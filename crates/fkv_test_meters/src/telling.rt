//! What is written of a run's progress, by a clock that a test sets.
use fkv_meters::{Beside, ProgressLine, ReadProgress};
use std::alloc::Global;
use std::cell::{Cell, RefCell};
use std::fmt::Display;
use std::io::{self, Error, ErrorKind, Print, Write};
use std::rt::Clock;
use std::time::Duration;

/// A clock that stands at so many milliseconds, or fails.
#[derive(Drop)]
struct Set(Cell<Option<u64>>);

impl Clock for Set {
    fn monotonic(&self) -> io::Result<Duration> {
        match self.0.get() {
            Some(millis) => Ok(Duration::from_millis(millis)),
            None => Err(Error::from(ErrorKind::Other)),
        }
    }

    fn since_1970(&self) -> io::Result<Duration> {
        self.monotonic()
    }
}

/// An output that keeps what is written, or fails.
#[derive(Drop)]
struct Paper {
    alloc: Global,
    text: RefCell<Vec<u8>>,
    is_torn: Cell<bool>,
}

impl Beside for Paper {}

impl Print for Paper {
    fn print<D: Display + Drop>(&self, value: D) -> io::Result<()> {
        let mut text = Vec::new(self.alloc);
        write!(text, "{value}")?;
        self.write_all(text.as_slice())
    }

    fn println<D: Display + Drop>(&self, value: D) -> io::Result<()> {
        let mut text = Vec::new(self.alloc);
        writeln!(text, "{value}")?;
        self.write_all(text.as_slice())
    }

    fn write_all(&self, bytes: &[u8]) -> io::Result<()> {
        match self.text.try_borrow_mut() {
            Ok(mut text) if !self.is_torn.get() => {
                text.extend_from_slice(bytes)?;
                Ok(())
            }
            _ => Err(Error::from(ErrorKind::Other)),
        }
    }
}

/// The clock's milliseconds or that it fails, whether the output fails, and what stands on the output after one line more.
type Row = (Option<u64>, bool, &'static str);

/// A clock that stands at 5,000 milliseconds when the run begins, and an output that is no terminal.
const ROWS: [Row; 12] = [
    (Some(5_000), false, ""),
    (Some(5_999), false, ""),
    (Some(6_000), false, "fkv_cli: 3 rows, 3 a second\n"),
    (Some(6_001), false, "fkv_cli: 3 rows, 3 a second\n"),
    (None, false, "fkv_cli: 3 rows, 3 a second\n"),
    (Some(4_000), false, "fkv_cli: 3 rows, 3 a second\n"),
    (Some(6_999), false, "fkv_cli: 3 rows, 3 a second\n"),
    // a line that could not be written is not made good
    (Some(7_500), true, "fkv_cli: 3 rows, 3 a second\n"),
    (Some(8_499), false, "fkv_cli: 3 rows, 3 a second\n"),
    (
        Some(8_500),
        false,
        "fkv_cli: 3 rows, 3 a second\nfkv_cli: 10 rows, 2 a second\n",
    ),
    (
        Some(9_000),
        false,
        "fkv_cli: 3 rows, 3 a second\nfkv_cli: 10 rows, 2 a second\n",
    ),
    (
        Some(60_000),
        false,
        "fkv_cli: 3 rows, 3 a second\nfkv_cli: 10 rows, 2 a second\nfkv_cli: 12 rows, 0 a second\n",
    ),
];

/// The same on a terminal: each line begins at the left, and wipes what stands behind it.
const OVER: [Row; 6] = [
    (Some(5_000), false, ""),
    (Some(5_099), false, ""),
    (Some(5_100), false, "\rfkv_cli: 3 rows, 30 a second\x1b[K"),
    (Some(5_199), false, "\rfkv_cli: 3 rows, 30 a second\x1b[K"),
    // the clock goes back
    (Some(4_000), false, "\rfkv_cli: 3 rows, 30 a second\x1b[K"),
    (
        Some(5_300),
        false,
        "\rfkv_cli: 3 rows, 30 a second\x1b[K\rfkv_cli: 6 rows, 15 a second\x1b[K",
    ),
];

/// What stands on a terminal at the end of [`OVER`].
const ENDED: &str = "\rfkv_cli: 3 rows, 30 a second\x1b[K\rfkv_cli: 6 rows, 15 a second\x1b[K\n";

/// Whether this stands on the output.
fn shows(paper: &Paper, text: &str) -> bool {
    match paper.text.try_borrow() {
        Ok(shown) => shown.as_slice() == text.as_bytes(),
        Err(_) => false,
    }
}

/// An output with nothing on it.
fn blank(alloc: Global) -> Paper {
    Paper {
        alloc,
        text: RefCell::new(Vec::new(alloc)),
        is_torn: Cell::new(false),
    }
}

/// The first row by which a hook of this clock, which has begun, does not show what it is to.
fn first_other(
    telling: &ProgressLine<'_, Set, Paper>,
    clock: &Set,
    paper: &Paper,
    rows: &[Row],
) -> Option<usize> {
    for (number, (time, is_torn, shown)) in rows.iter().enumerate() {
        clock.0.set(*time);
        paper.is_torn.set(*is_torn);
        telling.read(b"key,1\n");
        if !shows(paper, shown) {
            return Some(number);
        }
    }
    None
}

#[test]
fn a_line_a_second(rt: HostRuntime) {
    let clock = Set(Cell::new(Some(0)));
    let paper = blank(rt.alloc());
    let telling = ProgressLine::new(&clock, &paper, false);
    telling.read(b"before it begins\n");
    clock.0.set(Some(5_000));
    telling.begin();
    let other = first_other(&telling, &clock, &paper, &ROWS);
    assert!(rt; other == None, "row {other:?}");
    telling.end();
    clock.0.set(Some(99_000));
    telling.read(b"after the end\n");
    assert!(rt; shows(&paper, ROWS[11].2));
}

#[test]
fn a_line_over_the_last(rt: HostRuntime) {
    let clock = Set(Cell::new(Some(5_000)));
    let paper = blank(rt.alloc());
    let telling = ProgressLine::new(&clock, &paper, true);
    telling.end();
    telling.begin();
    let other = first_other(&telling, &clock, &paper, &OVER);
    assert!(rt; other == None, "row {other:?}");
    telling.end();
    assert!(rt; shows(&paper, ENDED));
    telling.end();
    clock.0.set(Some(9_000));
    telling.read(b"after the end\n");
    assert!(rt; shows(&paper, ENDED));
}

_EXERCISE DETAILS_
Within the data, how many lines hold the string "value"? Answer with the number and nothing more.

_SOLUTION FOR THIS TASK_
4